In my opinion, pencils are clearly superior for everyday tasks. Basically,
just with the fact that they can be better erased. To me personally, they feel
better to work with because they have finer pressure-based control. This is
why a lot of artists always draft in pencil, and leave a lot of details in
pencil too. Manga artists, architects, proofreaders, some stenographers, etc
use a lot of pencil. Several of these end up inking their work afterword, or
using pencil-work just for drafts that are later digitized.

However, I can go on about objective reasons why pencils are just better
regardless, no particular applications necessarily.

They're cheaper. They're not going to go dry because you 'lost the cap' or
it's old. You know a pencil is going to work if it has any lead poking out.
It's consistent and reliable compared to pens suddenly not working mid-word.
They're lighter to hold (less tiring and strenuous on your wrist to write for
a long time). If they break they're not going to get everything in your bag
stained. They can write well on many more surfaces than most pens.
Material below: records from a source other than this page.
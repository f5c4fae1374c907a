// Lines of listings, and their fields, are put to the end of bytes.

ghost use Rattle.std.specs.Prelude.{◌≡◌, ◌<◌, ◌≤◌, ◌++◌, ◌∷◌, [], true, length, if◌then◌else◌, is_ok, IfOk, OnOk};
ghost use Rattle.std.specs.List.{list_all};
ghost use Rattle.mj_text.specs.declared.text.TheConstants.{TEXT_LIMIT};
ghost use Rattle.mj_text.specs.declared.limit.Limit.TheVariants.{V2};
ghost use Rattle.mj_gfile.specs.Begins.{HasFront};
ghost use Rattle.mj_gfile.specs.Listing.{is_text};
ghost use Rattle.mj_gfile.specs.Spelling.{digit_byte, is_shown, quoted_byte, quoted_bytes, listed_text, listed_subscript, listed_rest, listed_subscripts};
ghost use Rattle.mj_gfile.specs.Spelling.{listed_name, listed_line, listed_lines, ended_line};

use mj_num::is_canonic_bytes;
use mj_subs::{Name, Sub};
use mj_text::{Digits, Text};
use std::alloc::AllocError;

/// Puts the lines of names and their texts to the end of some bytes.
pub fn put_nodes(bytes: &mut Vec<u8>, nodes: &[(Name, Text)]) -> Result<(), AllocError>
    ensures { bytes.new.items ≡ (if is_ok result then bytes.old.items ++ listed_lines nodes.now else bytes.old.items) }
{
    let before = bytes.len();
    let added = add_nodes(bytes, nodes);
    if added.is_err() {
        bytes.truncate(before);
    }
    added
}

// Puts the lines of names and their texts to the end; after want of memory a part may stand there.
#[tactic(auto, using(crate::proofs::Longer::begins_same, crate::proofs::Longer::begins_more, crate::proofs::Longer::begins_trans))]
fn add_nodes(bytes: &mut Vec<u8>, nodes: &[(Name, Text)]) -> Result<(), AllocError>
    ensures ok { OnOk result (bytes.new.items ≡ bytes.old.items ++ listed_lines nodes.now) }
    ensures kept { HasFront bytes.old.items bytes.new.items }
{
    for (name, text) in nodes {
        add_node(bytes, name, text)?;
    }
    Ok(())
}

// Puts the line of a name and its text to the end, and byte 10.
#[tactic(auto, using(crate::proofs::Longer::begins_same, crate::proofs::Longer::begins_more, crate::proofs::Longer::begins_trans))]
fn add_node(bytes: &mut Vec<u8>, name: &Name, text: &Text) -> Result<(), AllocError>
    ensures ok { OnOk result (bytes.new.items ≡ bytes.old.items ++ (listed_line (name.now, text.now) ++ 10 ∷ [])) }
    ensures kept { HasFront bytes.old.items bytes.new.items }
{
    add_name(bytes, name)?;
    add_value(bytes, text)
}

// Puts the line of a name that is given by its parts, and of its text, to the end, and byte 10.
#[tactic(auto, using(crate::proofs::Longer::begins_same, crate::proofs::Longer::begins_more, crate::proofs::Longer::begins_trans))]
pub(crate) fn add_line(
    bytes: &mut Vec<u8>,
    global: bool,
    word: &[u8],
    subs: &[Sub],
    text: &Text,
) -> Result<(), AllocError>
    ensures ok { OnOk result (bytes.new.items ≡ bytes.old.items ++ ended_line global word.now subs.now text.now) }
    ensures kept { HasFront bytes.old.items bytes.new.items }
{
    add_parts(bytes, global, word, subs)?;
    add_value(bytes, text)
}

// Puts what stands behind the name in a line to the end, and byte 10.
#[tactic(auto, using(crate::proofs::Longer::begins_same, crate::proofs::Longer::begins_more, crate::proofs::Longer::begins_trans))]
fn add_value(bytes: &mut Vec<u8>, text: &Text) -> Result<(), AllocError>
    ensures ok { OnOk result (bytes.new.items ≡ bytes.old.items ++ (61 ∷ (listed_text text.now ++ 10 ∷ []))) }
    ensures kept { HasFront bytes.old.items bytes.new.items }
{
    bytes.push(b'=')?;
    add_text(bytes, text)?;
    bytes.push(b'\n')?;
    Ok(())
}

/// Puts a name to the end of some bytes, as a listing has it.
pub fn put_name(bytes: &mut Vec<u8>, name: &Name) -> Result<(), AllocError>
    ensures text { bytes.new.items ≡ (if is_ok result then bytes.old.items ++ listed_name name.now else bytes.old.items) }
    ensures fits { OnOk result (list_all (is_text V2) name.now.subscripts ≡ true) }
{
    let before = bytes.len();
    let added = add_name(bytes, name);
    if added.is_err() {
        bytes.truncate(before);
    }
    added
}

// Puts a name to the end; after want of memory a part may stand there.
#[tactic(auto, using(crate::proofs::Longer::begins_same, crate::proofs::Longer::begins_more, crate::proofs::Longer::begins_trans))]
fn add_name(bytes: &mut Vec<u8>, name: &Name) -> Result<(), AllocError>
    ensures ok { OnOk result (bytes.new.items ≡ bytes.old.items ++ listed_name name.now) }
    ensures kept { HasFront bytes.old.items bytes.new.items }
    ensures fits { OnOk result (list_all (is_text V2) name.now.subscripts ≡ true) }
{
    let mut digits = Digits::new();
    let word = name.word().bytes(&mut digits);
    add_parts(bytes, name.is_global(), word, name.subscripts().as_slice())
}

// Puts a name that is given by its parts to the end; after want of memory a part may stand there.
#[tactic(auto, using(crate::proofs::Longer::begins_same, crate::proofs::Longer::begins_more, crate::proofs::Longer::begins_trans))]
fn add_parts(bytes: &mut Vec<u8>, global: bool, word: &[u8], subs: &[Sub]) -> Result<(), AllocError>
    ensures ok { OnOk result (bytes.new.items ≡ bytes.old.items ++ listed_name (record { global = global; word = word.now; subscripts = subs.now })) }
    ensures kept { HasFront bytes.old.items bytes.new.items }
    ensures fits { OnOk result (list_all (is_text V2) subs.now ≡ true) }
{
    if global {
        bytes.push(b'^')?;
    }
    bytes.extend_from_slice(word)?;
    add_subscripts(bytes, subs)
}

/// Puts a list of subscripts to the end of some bytes, as a listing has it: nothing for none.
pub fn put_subscripts(bytes: &mut Vec<u8>, subs: &[Sub]) -> Result<(), AllocError>
    ensures text { bytes.new.items ≡ (if is_ok result then bytes.old.items ++ listed_subscripts subs.now else bytes.old.items) }
    ensures fits { OnOk result (list_all (is_text V2) subs.now ≡ true) }
{
    let before = bytes.len();
    let added = add_subscripts(bytes, subs);
    if added.is_err() {
        bytes.truncate(before);
    }
    added
}

// Puts a list of subscripts to the end; after want of memory a part may stand there.
#[tactic(auto, using(crate::proofs::Longer::begins_same, crate::proofs::Longer::begins_more, crate::proofs::Longer::begins_trans))]
fn add_subscripts(bytes: &mut Vec<u8>, subs: &[Sub]) -> Result<(), AllocError>
    ensures ok { OnOk result (bytes.new.items ≡ bytes.old.items ++ listed_subscripts subs.now) }
    ensures kept { HasFront bytes.old.items bytes.new.items }
    ensures fits { OnOk result (list_all (is_text V2) subs.now ≡ true) }
{
    let [first, rest @ ..] = subs else {
        return Ok(());
    };
    bytes.push(b'(')?;
    add_subscript(bytes, first)?;
    for sub in rest {
        bytes.push(b',')?;
        add_subscript(bytes, sub)?;
    }
    bytes.push(b')')?;
    Ok(())
}

/// Puts a subscript to the end of some bytes, as a listing has it.
pub fn put_subscript(bytes: &mut Vec<u8>, sub: &Sub) -> Result<(), AllocError>
    ensures text { bytes.new.items ≡ (if is_ok result then bytes.old.items ++ listed_subscript sub.now else bytes.old.items) }
    ensures fits { OnOk result (is_text V2 sub.now ≡ true) }
{
    let before = bytes.len();
    let added = add_subscript(bytes, sub);
    if added.is_err() {
        bytes.truncate(before);
    }
    added
}

// Puts a subscript to the end; after want of memory a part may stand there.
#[tactic(auto, using(crate::proofs::Longer::begins_same, crate::proofs::Longer::begins_more, crate::proofs::Longer::begins_trans))]
fn add_subscript(bytes: &mut Vec<u8>, sub: &Sub) -> Result<(), AllocError>
    ensures ok { OnOk result (bytes.new.items ≡ bytes.old.items ++ listed_subscript sub.now) }
    ensures kept { HasFront bytes.old.items bytes.new.items }
    ensures fits { OnOk result (is_text V2 sub.now ≡ true) }
{
    if sub.number().is_none() {
        return add_text(bytes, sub.text());
    }
    let mut digits = Digits::new();
    let spelled = sub.text().bytes(&mut digits);
    lie_within(spelled);
    bytes.extend_from_slice(spelled)?;
    Ok(())
}

/// Puts a text in listing quotes to the end of some bytes.
pub fn put_text(bytes: &mut Vec<u8>, text: &Text) -> Result<(), AllocError>
    ensures text { bytes.new.items ≡ (if is_ok result then bytes.old.items ++ listed_text text.now else bytes.old.items) }
    ensures fits { OnOk result (is_text V2 text.now ≡ true) }
{
    let before = bytes.len();
    let added = add_text(bytes, text);
    if added.is_err() {
        bytes.truncate(before);
    }
    added
}

// Puts a text in listing quotes to the end; after want of memory a part may stand there.
#[tactic(auto, using(crate::proofs::Longer::begins_same, crate::proofs::Longer::begins_more, crate::proofs::Longer::begins_trans))]
fn add_text(bytes: &mut Vec<u8>, text: &Text) -> Result<(), AllocError>
    ensures ok { OnOk result (bytes.new.items ≡ bytes.old.items ++ listed_text text.now) }
    ensures kept { HasFront bytes.old.items bytes.new.items }
    ensures fits { OnOk result (is_text V2 text.now ≡ true) }
{
    let mut digits = Digits::new();
    let spelled = text.bytes(&mut digits);
    lie_within(spelled);
    bytes.push(b'"')?;
    add_quoted(bytes, spelled)?;
    bytes.push(b'"')?;
    Ok(())
}

// Bytes that lie in memory are those of a text, if they aren't too many. There is nothing to do.
fn lie_within(bytes: &[u8])
    requires { length bytes.now ≤ TEXT_LIMIT }
    ensures { is_text V2 bytes.now ≡ true }
{}

#[tactic(auto, using(crate::proofs::Longer::begins_same, crate::proofs::Longer::begins_more, crate::proofs::Longer::begins_trans))]
fn add_quoted(bytes: &mut Vec<u8>, text: &[u8]) -> Result<(), AllocError>
    ensures ok { OnOk result (bytes.new.items ≡ bytes.old.items ++ quoted_bytes text.now) }
    ensures kept { HasFront bytes.old.items bytes.new.items }
{
    for byte in text {
        add_byte(bytes, *byte)?;
    }
    Ok(())
}

fn add_byte(bytes: &mut Vec<u8>, byte: u8) -> Result<(), AllocError>
    ensures { bytes.new.items ≡ (if is_ok result then bytes.old.items ++ quoted_byte byte else bytes.old.items) }
{
    match byte {
        b'"' | b'\\' => bytes.extend_from_slice(&[byte, byte]),
        b' '..=b'~' => bytes.extend_from_slice(&[byte]),
        _ => bytes.extend_from_slice(&[b'\\', digit_byte(byte / 16), digit_byte(byte % 16)]),
    }
}

// A hexadecimal digit.
fn digit_byte(digit: u8) -> u8
    requires { digit < 16 }
    ensures { result ≡ digit_byte digit }
{
    if digit < 10 {
        b'0' + digit
    } else {
        b'a' + (digit - 10)
    }
}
If one
pencil fails for some reason (lost?) you can just get almost any nearby pencil
and resume (unless you're in an advanced application field like technical
drawing or manga artistry) without your work looking strange (2-toned).

I keep a pen around for the sole purpose of signing forms and writing checks
(where the fact they're harder to modify is actually a good thing), and
filling things people ask me to fill in pen.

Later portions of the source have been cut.